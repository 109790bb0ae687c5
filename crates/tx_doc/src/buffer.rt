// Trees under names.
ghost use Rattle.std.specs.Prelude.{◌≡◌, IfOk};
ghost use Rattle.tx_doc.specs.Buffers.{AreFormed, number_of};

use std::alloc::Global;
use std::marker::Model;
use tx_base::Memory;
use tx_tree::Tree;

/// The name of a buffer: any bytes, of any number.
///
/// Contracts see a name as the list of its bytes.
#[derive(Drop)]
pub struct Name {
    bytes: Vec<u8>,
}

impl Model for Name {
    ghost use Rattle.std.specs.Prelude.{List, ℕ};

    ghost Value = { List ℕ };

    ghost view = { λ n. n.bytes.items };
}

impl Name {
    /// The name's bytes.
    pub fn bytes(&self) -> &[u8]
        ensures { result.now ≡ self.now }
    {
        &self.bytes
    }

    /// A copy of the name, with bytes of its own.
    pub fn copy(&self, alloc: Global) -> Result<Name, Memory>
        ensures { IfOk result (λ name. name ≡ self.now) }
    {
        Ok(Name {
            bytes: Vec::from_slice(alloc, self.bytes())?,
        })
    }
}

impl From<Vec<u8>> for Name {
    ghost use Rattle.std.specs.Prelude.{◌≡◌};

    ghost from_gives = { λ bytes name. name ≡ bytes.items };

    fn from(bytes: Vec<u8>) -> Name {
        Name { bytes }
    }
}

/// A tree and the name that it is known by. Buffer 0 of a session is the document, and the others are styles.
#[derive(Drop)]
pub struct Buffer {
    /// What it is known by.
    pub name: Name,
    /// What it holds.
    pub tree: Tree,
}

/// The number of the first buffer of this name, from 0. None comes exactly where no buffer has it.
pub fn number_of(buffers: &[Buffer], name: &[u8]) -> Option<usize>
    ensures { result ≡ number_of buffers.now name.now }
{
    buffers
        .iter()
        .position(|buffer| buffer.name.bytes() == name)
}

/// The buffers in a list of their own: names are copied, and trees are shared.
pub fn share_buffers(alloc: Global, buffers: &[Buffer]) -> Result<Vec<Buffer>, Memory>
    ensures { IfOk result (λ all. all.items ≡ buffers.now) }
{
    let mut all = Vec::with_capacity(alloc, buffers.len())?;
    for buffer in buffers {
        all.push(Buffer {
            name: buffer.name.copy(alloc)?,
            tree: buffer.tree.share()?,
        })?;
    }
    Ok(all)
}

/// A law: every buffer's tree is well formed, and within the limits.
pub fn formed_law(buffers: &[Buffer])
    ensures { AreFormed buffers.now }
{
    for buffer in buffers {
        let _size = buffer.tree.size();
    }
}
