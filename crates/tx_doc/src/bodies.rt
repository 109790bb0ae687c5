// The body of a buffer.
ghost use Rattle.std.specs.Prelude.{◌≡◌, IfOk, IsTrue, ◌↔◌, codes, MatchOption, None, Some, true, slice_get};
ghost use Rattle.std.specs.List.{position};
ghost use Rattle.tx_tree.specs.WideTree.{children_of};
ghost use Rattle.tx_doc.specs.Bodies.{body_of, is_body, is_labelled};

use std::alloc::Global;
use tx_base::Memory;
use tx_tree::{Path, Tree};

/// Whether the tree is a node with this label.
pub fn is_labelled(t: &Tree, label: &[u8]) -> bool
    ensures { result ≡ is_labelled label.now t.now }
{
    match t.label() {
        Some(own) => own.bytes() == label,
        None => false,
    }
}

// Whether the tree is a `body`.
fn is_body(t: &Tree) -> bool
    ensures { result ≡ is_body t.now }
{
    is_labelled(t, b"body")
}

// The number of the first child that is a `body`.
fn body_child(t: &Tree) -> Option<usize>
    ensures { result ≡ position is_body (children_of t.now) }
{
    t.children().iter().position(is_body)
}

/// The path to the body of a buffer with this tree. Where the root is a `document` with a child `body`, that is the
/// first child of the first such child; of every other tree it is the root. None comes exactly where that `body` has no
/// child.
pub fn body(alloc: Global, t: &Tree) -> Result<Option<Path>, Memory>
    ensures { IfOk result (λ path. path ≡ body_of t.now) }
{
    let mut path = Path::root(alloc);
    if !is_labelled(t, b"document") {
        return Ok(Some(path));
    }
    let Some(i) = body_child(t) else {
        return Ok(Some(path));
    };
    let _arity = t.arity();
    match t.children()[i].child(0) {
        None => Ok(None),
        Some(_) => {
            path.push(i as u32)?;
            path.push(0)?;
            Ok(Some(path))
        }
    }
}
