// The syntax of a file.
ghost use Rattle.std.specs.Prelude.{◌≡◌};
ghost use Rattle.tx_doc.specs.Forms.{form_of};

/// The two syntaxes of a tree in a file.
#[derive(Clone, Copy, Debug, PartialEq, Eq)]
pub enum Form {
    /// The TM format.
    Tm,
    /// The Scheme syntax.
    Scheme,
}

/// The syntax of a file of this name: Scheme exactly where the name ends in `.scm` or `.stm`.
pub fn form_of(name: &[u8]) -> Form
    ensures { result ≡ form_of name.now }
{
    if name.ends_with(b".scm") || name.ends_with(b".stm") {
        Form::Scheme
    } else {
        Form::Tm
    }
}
◇ ◇ ◇ ◇ ◇ ◇ ◇
*INSTRUCTIONS FOR THE TASK:* Read through the entries and copy each line in which "Rattle" appears.

*ANSWER SPACE:*
ghost use Rattle.std.specs.Prelude.{◌≡◌, IfOk};
ghost use Rattle.tx_doc.specs.Buffers.{AreFormed, number_of};
    ghost use Rattle.std.specs.Prelude.{List, ℕ};
    ghost use Rattle.std.specs.Prelude.{◌≡◌};
ghost use Rattle.std.specs.Prelude.{◌≡◌, IfOk, IsTrue, ◌↔◌, codes, MatchOption, None, Some, true, slice_get};
ghost use Rattle.std.specs.List.{position};
ghost use Rattle.tx_tree.specs.WideTree.{children_of};
ghost use Rattle.tx_doc.specs.Bodies.{body_of, is_body, is_labelled};
ghost use Rattle.std.specs.Prelude.{◌≡◌};
ghost use Rattle.tx_doc.specs.Forms.{form_of};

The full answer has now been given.